GOAL OF THE EXERCISE | A line below contains "repository fb911604b406fc96", and a later one contains "let mut sets = BTreeMap::new(alloc);". Repeat both, with every line between them, exactly.

Start of THE DATA

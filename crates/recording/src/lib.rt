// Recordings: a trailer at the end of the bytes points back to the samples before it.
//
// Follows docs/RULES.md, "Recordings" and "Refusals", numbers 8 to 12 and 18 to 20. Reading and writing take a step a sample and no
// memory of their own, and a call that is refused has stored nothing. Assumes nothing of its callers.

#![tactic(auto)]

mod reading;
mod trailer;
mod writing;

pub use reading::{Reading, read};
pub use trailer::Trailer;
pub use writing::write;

End of THE DATA
Start of THE DATA

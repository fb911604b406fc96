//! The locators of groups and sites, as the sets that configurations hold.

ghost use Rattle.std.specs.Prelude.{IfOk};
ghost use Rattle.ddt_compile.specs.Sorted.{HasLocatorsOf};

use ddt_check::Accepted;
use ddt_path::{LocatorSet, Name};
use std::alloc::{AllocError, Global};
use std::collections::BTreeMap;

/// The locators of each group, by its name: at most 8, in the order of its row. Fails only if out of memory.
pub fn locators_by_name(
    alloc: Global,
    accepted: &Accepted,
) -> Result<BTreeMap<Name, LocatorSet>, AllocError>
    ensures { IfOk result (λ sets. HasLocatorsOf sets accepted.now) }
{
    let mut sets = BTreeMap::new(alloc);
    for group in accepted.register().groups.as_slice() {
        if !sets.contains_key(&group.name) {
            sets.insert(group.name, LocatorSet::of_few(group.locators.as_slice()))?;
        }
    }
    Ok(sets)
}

End of THE DATA
Start of THE DATA

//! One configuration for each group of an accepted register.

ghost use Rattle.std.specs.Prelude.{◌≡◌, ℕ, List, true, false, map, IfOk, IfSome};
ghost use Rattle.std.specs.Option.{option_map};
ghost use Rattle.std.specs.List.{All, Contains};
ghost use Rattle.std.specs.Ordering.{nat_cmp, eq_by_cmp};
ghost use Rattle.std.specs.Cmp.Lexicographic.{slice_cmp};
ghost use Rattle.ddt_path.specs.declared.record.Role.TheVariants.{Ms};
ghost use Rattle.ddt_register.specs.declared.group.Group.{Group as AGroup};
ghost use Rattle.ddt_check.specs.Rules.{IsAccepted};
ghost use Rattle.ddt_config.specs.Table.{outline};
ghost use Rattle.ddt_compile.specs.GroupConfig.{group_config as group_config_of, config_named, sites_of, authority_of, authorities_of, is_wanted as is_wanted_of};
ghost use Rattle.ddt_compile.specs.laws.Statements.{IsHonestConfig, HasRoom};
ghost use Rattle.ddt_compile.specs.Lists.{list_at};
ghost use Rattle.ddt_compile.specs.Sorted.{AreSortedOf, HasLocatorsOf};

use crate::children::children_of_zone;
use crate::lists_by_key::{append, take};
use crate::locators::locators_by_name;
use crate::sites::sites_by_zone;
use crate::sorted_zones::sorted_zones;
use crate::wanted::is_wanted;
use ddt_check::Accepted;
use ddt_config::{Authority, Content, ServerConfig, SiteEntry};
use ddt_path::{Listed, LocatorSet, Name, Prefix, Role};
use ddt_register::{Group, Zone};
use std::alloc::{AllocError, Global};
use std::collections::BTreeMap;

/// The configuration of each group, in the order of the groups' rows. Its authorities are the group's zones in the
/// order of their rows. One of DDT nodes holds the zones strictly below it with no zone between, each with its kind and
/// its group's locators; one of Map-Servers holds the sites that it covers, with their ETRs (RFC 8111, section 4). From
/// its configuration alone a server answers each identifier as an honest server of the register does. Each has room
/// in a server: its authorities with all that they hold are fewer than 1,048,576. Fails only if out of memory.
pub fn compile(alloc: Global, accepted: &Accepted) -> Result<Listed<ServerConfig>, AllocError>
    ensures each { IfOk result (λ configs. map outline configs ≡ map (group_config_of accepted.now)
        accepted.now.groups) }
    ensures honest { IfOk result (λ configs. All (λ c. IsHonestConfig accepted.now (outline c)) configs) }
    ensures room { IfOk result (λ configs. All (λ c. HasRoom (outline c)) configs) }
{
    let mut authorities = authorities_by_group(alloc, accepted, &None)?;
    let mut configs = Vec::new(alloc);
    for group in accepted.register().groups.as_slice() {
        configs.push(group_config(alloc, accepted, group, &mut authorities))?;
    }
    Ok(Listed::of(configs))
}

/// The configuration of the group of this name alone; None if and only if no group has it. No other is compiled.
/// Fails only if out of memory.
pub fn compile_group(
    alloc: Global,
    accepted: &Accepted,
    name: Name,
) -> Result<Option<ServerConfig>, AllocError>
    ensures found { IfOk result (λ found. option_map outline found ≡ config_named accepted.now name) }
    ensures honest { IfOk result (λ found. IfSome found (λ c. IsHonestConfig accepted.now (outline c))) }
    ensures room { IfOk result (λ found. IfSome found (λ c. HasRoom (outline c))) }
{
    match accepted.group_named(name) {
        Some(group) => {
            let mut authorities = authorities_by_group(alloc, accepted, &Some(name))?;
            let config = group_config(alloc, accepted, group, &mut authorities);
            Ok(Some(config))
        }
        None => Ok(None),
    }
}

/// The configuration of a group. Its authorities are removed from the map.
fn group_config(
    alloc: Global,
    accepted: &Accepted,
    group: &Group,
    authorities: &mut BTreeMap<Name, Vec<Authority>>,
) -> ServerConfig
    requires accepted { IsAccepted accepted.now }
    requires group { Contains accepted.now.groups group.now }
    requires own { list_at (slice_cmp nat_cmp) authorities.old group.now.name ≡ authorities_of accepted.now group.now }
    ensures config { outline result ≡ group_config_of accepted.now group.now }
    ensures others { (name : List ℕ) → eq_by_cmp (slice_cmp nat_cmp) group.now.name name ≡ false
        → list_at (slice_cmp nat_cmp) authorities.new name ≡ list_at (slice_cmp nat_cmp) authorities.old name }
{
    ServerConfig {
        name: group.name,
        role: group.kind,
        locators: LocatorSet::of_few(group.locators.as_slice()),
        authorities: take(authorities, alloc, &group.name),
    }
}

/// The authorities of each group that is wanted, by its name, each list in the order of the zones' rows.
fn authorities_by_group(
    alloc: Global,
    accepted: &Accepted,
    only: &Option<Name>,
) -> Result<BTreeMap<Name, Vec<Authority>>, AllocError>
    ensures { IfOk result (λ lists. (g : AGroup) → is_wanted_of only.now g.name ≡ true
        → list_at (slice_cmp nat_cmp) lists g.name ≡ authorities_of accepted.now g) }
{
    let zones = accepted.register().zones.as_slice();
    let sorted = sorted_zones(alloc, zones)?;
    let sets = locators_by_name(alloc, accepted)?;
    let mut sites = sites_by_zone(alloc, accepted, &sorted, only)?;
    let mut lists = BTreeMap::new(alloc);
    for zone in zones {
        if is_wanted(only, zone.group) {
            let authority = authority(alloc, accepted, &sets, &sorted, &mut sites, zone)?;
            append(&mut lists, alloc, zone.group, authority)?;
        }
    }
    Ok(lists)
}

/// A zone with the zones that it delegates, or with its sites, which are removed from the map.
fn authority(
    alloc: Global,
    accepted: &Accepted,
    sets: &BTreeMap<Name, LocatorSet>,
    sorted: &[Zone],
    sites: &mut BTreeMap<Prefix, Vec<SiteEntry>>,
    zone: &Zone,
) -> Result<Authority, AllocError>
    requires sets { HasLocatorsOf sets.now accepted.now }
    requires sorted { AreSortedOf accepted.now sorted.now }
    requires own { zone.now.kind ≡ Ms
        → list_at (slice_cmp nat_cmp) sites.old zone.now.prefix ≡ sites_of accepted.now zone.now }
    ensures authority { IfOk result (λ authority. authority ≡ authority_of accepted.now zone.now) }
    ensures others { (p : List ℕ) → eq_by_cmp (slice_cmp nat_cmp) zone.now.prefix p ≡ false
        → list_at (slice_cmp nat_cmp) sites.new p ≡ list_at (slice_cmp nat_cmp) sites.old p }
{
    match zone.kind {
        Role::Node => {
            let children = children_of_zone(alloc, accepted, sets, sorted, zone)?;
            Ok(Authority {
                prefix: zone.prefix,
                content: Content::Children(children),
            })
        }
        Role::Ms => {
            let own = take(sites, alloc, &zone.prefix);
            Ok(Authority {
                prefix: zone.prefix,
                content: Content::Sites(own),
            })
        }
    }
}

End of THE DATA

REPLY |
repository fb911604b406fc96
//! The locators of groups and sites, as the sets that configurations hold.

ghost use Rattle.std.specs.Prelude.{IfOk};
ghost use Rattle.ddt_compile.specs.Sorted.{HasLocatorsOf};

use ddt_check::Accepted;
use ddt_path::{LocatorSet, Name};
use std::alloc::{AllocError, Global};
use std::collections::BTreeMap;

/// The locators of each group, by its name: at most 8, in the order of its row. Fails only if out of memory.
pub fn locators_by_name(
    alloc: Global,
    accepted: &Accepted,
) -> Result<BTreeMap<Name, LocatorSet>, AllocError>
    ensures { IfOk result (λ sets. HasLocatorsOf sets accepted.now) }
{
    let mut sets = BTreeMap::new(alloc);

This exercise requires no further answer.